派遣は在職中の転職活動が難しい5つの理由

派遣で働きながら転職活動をするのは「正社員より身軽そう」と誤解されがちだが、実際にはそうでもない。
派遣という働き方は、転職活動と最悪の相性を持つ。勤怠の制約、心理的圧迫、そしてスピード勝負という派遣の特性。
これらが重なり、派遣の在職中転職は難しいという結論に行き着く。
目次
面談に行くための一歩が重すぎる
派遣社員が在職中に顔合わせなどの転職面談に行こうとすると、まず「抜けるための許可取り」という面倒な儀式が始まる。
派遣先に許可を取り、派遣元にも連絡し、双方の顔色を伺いながら時間を確保する必要がある。正社員のように上司にだけ許可を取って午後半休で面談に行くという軽やかな動きは許されない。

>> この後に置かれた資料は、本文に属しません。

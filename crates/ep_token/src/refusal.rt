//! Why a text has no tokens.

ghost use Rattle.std.specs.Prelude.{◌≡◌};
ghost use Rattle.ep_token.specs.declared.refusal.TokenRefusal.TheVariants.{NoMemory};

use ep_base::Line;
use std::alloc::{AllocError, AllocFailed};

/// Why a text has no tokens, with the line of the first place where nothing can be taken.
#[derive(Clone, Copy, Debug, PartialEq, Eq)]
pub enum TokenRefusal {
    /// No token, separating byte or comment begins there.
    NoToken(Line),
    /// A comment that is not closed begins there.
    OpenComment(Line),
    /// A character string that is not closed on its line begins there.
    OpenString(Line),
    /// A number that is too great or badly formed begins there.
    BadNumber(Line),
    /// An identifier of more than 255 bytes begins there.
    LongName(Line),
    /// Memory is wanting.
    NoMemory,
}

impl From<AllocError> for TokenRefusal {
    ghost from_gives = { λ _ e. e ≡ NoMemory };

    fn from(_e: AllocError) -> TokenRefusal {
        TokenRefusal::NoMemory
    }
}

impl<T: Drop> From<AllocFailed<T>> for TokenRefusal {
    ghost from_gives = { λ _ e. e ≡ NoMemory };

    fn from(_e: AllocFailed<T>) -> TokenRefusal {
        TokenRefusal::NoMemory
    }
}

派遣は二重管理の檻の中にいるため、外に出るだけで面倒である。この構造は 派遣の契約構造を見れば理解できるが、理解したところで状況が改善するわけではない。
逃げたい気持ちが判断力を鈍らせる
派遣の職場は当たり外れが激しく、外れを引いたときのストレスは強烈である。
理不尽な指示、属人化した業務、意味不明な派遣先ルール。こうした環境に長くいれば、誰だって冷静さを失う。
結果として、とにかく今の現場から離れたいという衝動が強まり、求人の質を冷静に見極める余裕がなくなる。転職活動は本来戦略的に進めるべきものだが、派遣の疲弊状態では戦略どころか正常な判断すら難しい。これは典型的な認知バイアスの罠である。
退職日の調整が地味に難しい
派遣は契約期間が明確に定められているため、辞めるにも契約更新のタイミングが基本である。

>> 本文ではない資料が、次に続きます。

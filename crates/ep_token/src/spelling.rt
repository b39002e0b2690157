//! Looking up a text in a table of spellings.

ghost use Rattle.std.specs.Prelude.{◌≡◌, ◌<◌, length, map, IfSome};
ghost use Rattle.ep_token.specs.Spellings.{place_of};

/// The first place of a text in a table.
pub(crate) fn place_of(table: &[&[u8]], text: &[u8]) -> Option<usize>
    ensures place { result ≡ place_of (map (λ spelling. spelling.now) table.now) text.now }
    ensures within { IfSome result (λ place. place < length table.now) }
{
    for (place, spelling) in table.iter().enumerate() {
        if *spelling == text {
            return Some(place);
        }
    }
    None
}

転職先に来週から来てほしいと言われても、即答できない。派遣元は引き継ぎを求め、派遣先は契約を盾に引き止める。
結果として、転職先とのスケジュールが噛み合わず、せっかくの内定が流れることすらある。派遣は身軽に見えて、契約という鎖でしっかり固定されている。
在宅なら融通が利くが出社では応募すら困難
在宅勤務なら電話やメール返信やWeb面談もスムーズにできるため、転職活動との相性は良い。

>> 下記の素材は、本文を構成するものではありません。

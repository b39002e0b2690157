//! Which variables the statements of a unit threaten (ISO 10206, 6.9.4).
//!
//! Promise: `threatens` and what stands beside it answer whether typed forms threaten a variable, and `Routines` whether
//! the routines of a unit do, which may be gathered once for all variables of a block, as specs/Threats.antt says. It
//! stands on the typed trees alone, so that the static rules of statements and of declarations both ask it. Open
//! specs/Threats.antt first.
//! To change what a statement or an expression threatens: specs/Threats.antt, src/threats.rt and src/gathering.rt, which
//! walks the same forms for all variables at once; what is gathered: specs/Threatened.antt, src/routines.rt; how the
//! routines in a routine are found: specs/Inner.antt, src/table.rt. How the
//! routines of a unit are plain data: specs/RoutineForms.antt; what code may call: specs/Callees.antt, src/callees.rt.
#![tactic(auto)]

mod callees;
mod gathering;
mod numbers;
mod routines;
mod table;
mod threats;

pub use callees::Callees;
pub use routines::Routines;
pub use table::RoutineTable;
pub use threats::{
    Entire, assigns, expr_threatens, inner_threatens, is_same, place_threatens,
    statement_threatens, threatens,
};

しかし、出社勤務の場合、求人紹介の電話に出られず、メール返信も遅れ、面談時間も確保が難しい。
せっかく良い求人があっても、も応募プロセスそのものが進まないことも珍しくない。この差は在宅勤務の転職活動と出社勤務の制約の違いが如実に表れる部分である。
派遣の転職活動はスピード勝負であり遅れた瞬間に負ける
派遣の求人は早い者勝ちの側面が強い。派遣会社からの返信が遅れれば、他の候補者に枠を取られ、面談日程が確定しなければ採用されるチャンスすらない。
派遣市場はスピードが命であり、返信の遅さは致命的なデメリットになる。派遣の転職活動は常に時間との戦いである。
派遣の転職活動は難しいのは派遣勤務の罠
派遣で在職中に転職活動をするのが難しいのは、個人の努力不足や工夫の差ではない。
派遣という働き方そのものが、転職活動との相性が悪いからだ。正社員と違って勤務開始日に融通が利きづらく、スピード勝負の市場特性が重なるのだから、難しくて当然である。
結果的に契約満了日までに次の仕事を決めることが難しいと言うのが派遣の実情である。派遣は自由に見える檻であり、その檻をどう抜けるかが転職成功の鍵になる。